§ WHAT TO WORK ON: From the line containing "repository 81704591ef6ba3e6" down to the line containing "fn is_chosen(chosen: &[bool], place: usize)" in the records below, reproduce every line exactly, ends included, and omit all others.

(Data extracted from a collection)
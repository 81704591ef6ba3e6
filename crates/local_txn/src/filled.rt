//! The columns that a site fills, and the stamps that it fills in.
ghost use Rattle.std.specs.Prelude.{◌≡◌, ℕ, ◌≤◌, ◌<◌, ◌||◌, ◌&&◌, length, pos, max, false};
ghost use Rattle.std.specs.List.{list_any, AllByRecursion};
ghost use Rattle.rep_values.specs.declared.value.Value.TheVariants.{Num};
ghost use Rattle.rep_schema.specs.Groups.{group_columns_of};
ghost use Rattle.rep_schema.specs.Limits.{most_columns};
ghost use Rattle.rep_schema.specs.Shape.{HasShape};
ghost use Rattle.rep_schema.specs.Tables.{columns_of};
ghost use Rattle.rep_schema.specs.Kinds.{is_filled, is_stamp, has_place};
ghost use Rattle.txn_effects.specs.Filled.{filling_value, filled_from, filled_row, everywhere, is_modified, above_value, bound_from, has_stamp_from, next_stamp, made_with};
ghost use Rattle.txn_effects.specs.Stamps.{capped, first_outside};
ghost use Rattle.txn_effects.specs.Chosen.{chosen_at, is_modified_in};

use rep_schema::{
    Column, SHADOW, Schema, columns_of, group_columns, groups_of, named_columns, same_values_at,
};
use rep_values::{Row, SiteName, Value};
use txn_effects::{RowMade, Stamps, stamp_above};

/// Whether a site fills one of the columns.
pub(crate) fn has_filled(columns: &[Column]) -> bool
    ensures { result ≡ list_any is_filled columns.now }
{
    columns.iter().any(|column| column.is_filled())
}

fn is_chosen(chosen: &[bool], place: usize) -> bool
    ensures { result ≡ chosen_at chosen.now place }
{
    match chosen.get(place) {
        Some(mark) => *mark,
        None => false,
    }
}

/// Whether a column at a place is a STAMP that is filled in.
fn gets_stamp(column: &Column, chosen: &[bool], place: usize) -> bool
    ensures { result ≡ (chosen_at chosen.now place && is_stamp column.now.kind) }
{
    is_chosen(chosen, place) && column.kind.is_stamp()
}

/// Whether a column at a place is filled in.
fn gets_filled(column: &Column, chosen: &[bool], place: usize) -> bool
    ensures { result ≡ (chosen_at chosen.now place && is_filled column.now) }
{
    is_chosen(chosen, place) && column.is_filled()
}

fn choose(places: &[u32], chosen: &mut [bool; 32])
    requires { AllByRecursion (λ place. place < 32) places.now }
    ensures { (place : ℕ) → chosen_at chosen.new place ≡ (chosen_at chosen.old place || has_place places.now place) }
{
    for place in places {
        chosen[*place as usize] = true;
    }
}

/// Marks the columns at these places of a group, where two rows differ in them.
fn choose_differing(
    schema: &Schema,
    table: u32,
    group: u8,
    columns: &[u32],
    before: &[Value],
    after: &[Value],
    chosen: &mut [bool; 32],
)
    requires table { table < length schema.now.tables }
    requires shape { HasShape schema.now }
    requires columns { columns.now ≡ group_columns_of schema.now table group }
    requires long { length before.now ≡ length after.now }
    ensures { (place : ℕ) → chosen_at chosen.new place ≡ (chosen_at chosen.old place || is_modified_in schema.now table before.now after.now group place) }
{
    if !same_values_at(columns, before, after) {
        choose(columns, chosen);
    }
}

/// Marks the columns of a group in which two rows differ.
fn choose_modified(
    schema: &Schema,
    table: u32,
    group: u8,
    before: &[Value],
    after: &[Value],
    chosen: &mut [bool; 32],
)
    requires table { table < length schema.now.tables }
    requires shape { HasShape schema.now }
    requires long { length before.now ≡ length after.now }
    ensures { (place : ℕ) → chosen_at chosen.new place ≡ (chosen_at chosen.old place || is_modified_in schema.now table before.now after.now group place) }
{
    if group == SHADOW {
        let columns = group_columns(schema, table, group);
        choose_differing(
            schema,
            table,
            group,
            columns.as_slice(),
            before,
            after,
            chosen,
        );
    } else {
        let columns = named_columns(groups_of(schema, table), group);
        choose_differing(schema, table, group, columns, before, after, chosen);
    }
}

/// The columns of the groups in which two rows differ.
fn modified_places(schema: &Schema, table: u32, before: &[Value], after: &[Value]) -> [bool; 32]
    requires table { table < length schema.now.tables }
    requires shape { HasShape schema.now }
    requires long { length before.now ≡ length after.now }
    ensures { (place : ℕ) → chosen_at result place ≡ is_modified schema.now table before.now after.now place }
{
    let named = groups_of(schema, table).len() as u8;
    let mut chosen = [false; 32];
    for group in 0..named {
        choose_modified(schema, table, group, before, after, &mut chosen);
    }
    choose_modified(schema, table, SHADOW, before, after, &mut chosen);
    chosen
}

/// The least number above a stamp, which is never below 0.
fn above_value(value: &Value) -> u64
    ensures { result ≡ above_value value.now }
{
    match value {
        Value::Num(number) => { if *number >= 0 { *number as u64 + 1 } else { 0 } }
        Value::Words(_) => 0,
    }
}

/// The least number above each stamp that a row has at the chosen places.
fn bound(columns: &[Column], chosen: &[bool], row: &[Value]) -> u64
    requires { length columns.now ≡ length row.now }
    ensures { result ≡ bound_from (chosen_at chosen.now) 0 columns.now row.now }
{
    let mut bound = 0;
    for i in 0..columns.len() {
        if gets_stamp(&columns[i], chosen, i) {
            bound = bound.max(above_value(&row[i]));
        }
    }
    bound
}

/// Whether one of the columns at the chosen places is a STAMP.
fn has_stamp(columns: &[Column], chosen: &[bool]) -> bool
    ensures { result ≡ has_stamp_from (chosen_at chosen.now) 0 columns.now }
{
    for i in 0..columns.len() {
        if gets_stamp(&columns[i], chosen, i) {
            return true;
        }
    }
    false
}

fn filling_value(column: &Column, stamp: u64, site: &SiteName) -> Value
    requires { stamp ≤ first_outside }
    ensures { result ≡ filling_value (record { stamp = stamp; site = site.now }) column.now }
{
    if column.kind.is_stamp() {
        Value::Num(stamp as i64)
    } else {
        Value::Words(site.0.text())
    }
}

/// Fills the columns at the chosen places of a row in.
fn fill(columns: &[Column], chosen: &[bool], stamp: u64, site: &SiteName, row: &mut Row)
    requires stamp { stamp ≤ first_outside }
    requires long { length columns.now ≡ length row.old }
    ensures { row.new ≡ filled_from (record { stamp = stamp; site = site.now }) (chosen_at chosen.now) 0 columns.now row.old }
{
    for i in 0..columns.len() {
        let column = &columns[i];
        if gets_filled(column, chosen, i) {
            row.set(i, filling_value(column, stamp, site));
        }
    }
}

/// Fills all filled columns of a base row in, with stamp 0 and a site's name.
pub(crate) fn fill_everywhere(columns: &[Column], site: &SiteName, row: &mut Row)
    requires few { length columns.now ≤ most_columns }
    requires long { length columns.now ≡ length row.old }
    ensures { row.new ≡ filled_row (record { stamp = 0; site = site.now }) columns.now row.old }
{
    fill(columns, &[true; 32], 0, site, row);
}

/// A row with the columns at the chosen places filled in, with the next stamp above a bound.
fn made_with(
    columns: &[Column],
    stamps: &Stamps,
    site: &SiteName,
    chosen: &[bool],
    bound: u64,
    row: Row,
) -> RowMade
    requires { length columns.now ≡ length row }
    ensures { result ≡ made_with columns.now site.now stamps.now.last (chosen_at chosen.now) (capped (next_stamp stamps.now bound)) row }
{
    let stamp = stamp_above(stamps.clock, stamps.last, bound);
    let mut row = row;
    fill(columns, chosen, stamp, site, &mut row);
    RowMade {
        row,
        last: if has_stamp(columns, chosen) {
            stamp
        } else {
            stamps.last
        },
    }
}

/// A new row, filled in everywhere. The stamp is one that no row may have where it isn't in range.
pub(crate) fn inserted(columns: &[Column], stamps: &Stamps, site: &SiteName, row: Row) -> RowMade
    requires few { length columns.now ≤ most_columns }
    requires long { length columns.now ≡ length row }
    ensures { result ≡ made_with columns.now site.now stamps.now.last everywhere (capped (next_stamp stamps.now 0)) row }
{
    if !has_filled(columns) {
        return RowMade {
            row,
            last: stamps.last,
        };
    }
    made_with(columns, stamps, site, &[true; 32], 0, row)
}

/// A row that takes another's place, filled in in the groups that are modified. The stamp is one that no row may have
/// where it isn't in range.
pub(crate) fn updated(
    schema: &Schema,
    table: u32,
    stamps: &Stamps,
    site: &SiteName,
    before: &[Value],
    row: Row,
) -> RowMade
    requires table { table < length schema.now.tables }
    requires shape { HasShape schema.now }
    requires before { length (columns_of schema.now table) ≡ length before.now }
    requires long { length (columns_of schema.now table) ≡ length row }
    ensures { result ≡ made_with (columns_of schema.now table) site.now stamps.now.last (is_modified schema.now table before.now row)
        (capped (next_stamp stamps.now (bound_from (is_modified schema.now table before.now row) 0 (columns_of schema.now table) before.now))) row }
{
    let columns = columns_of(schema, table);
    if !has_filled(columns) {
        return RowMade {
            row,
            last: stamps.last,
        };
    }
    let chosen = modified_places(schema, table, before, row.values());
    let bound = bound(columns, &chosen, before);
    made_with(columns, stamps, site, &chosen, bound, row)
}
---
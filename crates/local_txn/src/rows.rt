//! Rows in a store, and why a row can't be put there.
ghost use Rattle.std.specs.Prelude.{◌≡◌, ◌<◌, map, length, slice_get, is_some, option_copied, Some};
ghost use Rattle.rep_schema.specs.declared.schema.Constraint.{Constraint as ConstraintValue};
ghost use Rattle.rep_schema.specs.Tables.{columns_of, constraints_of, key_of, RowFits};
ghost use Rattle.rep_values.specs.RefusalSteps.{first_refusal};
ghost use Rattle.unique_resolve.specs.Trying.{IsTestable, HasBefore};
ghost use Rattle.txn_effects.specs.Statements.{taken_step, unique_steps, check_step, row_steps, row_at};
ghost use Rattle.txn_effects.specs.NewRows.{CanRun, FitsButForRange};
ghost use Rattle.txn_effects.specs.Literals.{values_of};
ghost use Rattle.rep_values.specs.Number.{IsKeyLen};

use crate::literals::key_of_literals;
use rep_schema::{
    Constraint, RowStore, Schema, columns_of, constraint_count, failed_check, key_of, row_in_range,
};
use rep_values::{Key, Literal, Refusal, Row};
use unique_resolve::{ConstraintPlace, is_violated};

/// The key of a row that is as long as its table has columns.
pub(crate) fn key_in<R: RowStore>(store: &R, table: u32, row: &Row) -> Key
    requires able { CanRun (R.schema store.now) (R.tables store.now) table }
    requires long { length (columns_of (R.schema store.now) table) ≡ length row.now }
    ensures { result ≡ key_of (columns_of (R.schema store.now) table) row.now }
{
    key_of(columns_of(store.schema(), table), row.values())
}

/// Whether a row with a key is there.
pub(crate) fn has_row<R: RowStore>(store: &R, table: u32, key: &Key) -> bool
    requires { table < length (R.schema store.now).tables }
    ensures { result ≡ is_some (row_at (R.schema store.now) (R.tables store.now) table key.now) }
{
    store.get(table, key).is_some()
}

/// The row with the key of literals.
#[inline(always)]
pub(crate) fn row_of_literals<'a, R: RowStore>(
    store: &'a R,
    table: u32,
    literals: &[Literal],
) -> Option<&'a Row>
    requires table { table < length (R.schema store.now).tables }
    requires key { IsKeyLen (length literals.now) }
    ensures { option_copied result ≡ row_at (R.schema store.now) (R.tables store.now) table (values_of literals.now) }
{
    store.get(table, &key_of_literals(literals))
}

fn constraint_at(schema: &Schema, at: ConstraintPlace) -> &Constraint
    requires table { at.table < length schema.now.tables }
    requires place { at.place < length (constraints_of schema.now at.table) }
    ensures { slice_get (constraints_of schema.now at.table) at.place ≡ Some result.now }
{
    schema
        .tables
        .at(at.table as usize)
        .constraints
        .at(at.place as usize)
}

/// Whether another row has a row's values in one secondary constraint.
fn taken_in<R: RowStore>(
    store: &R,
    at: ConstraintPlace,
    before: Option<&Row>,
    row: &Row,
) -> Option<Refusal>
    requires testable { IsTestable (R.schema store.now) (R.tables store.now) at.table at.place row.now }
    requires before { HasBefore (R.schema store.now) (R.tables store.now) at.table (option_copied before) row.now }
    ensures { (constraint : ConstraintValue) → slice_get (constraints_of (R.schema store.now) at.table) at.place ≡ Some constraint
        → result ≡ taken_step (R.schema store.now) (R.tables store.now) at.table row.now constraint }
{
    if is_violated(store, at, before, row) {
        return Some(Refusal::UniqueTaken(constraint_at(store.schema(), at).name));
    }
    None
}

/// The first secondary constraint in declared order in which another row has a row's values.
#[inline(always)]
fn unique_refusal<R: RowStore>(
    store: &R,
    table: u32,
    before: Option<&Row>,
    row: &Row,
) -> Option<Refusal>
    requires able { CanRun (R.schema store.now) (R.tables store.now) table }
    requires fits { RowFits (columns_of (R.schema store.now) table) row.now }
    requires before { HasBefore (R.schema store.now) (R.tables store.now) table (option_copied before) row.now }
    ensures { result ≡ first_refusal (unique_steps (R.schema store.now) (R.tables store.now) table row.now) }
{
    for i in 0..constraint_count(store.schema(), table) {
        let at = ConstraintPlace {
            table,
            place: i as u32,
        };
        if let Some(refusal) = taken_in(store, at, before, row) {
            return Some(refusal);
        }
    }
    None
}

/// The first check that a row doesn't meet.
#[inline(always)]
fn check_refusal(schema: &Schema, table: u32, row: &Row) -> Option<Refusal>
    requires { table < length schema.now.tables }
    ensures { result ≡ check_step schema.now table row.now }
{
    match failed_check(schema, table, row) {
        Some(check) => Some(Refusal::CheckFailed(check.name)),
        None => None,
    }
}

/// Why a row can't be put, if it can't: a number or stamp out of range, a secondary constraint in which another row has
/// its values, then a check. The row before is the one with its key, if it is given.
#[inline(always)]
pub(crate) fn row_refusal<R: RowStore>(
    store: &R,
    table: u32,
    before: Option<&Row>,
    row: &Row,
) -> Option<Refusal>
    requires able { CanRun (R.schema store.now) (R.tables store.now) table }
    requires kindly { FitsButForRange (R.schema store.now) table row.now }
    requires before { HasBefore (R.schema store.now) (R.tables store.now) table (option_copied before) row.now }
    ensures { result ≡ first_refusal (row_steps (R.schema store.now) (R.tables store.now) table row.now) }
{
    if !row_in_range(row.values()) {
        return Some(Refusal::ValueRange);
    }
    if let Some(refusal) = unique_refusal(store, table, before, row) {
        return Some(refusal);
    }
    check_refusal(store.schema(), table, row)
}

§ WRITTEN SOLUTION:
repository 81704591ef6ba3e6
filename crates/local_txn/src/filled.rt
//! The columns that a site fills, and the stamps that it fills in.
ghost use Rattle.std.specs.Prelude.{◌≡◌, ℕ, ◌≤◌, ◌<◌, ◌||◌, ◌&&◌, length, pos, max, false};
ghost use Rattle.std.specs.List.{list_any, AllByRecursion};
ghost use Rattle.rep_values.specs.declared.value.Value.TheVariants.{Num};
ghost use Rattle.rep_schema.specs.Groups.{group_columns_of};
ghost use Rattle.rep_schema.specs.Limits.{most_columns};
ghost use Rattle.rep_schema.specs.Shape.{HasShape};
ghost use Rattle.rep_schema.specs.Tables.{columns_of};
ghost use Rattle.rep_schema.specs.Kinds.{is_filled, is_stamp, has_place};
ghost use Rattle.txn_effects.specs.Filled.{filling_value, filled_from, filled_row, everywhere, is_modified, above_value, bound_from, has_stamp_from, next_stamp, made_with};
ghost use Rattle.txn_effects.specs.Stamps.{capped, first_outside};
ghost use Rattle.txn_effects.specs.Chosen.{chosen_at, is_modified_in};

use rep_schema::{
    Column, SHADOW, Schema, columns_of, group_columns, groups_of, named_columns, same_values_at,
};
use rep_values::{Row, SiteName, Value};
use txn_effects::{RowMade, Stamps, stamp_above};

/// Whether a site fills one of the columns.
pub(crate) fn has_filled(columns: &[Column]) -> bool
    ensures { result ≡ list_any is_filled columns.now }
{
    columns.iter().any(|column| column.is_filled())
}

fn is_chosen(chosen: &[bool], place: usize) -> bool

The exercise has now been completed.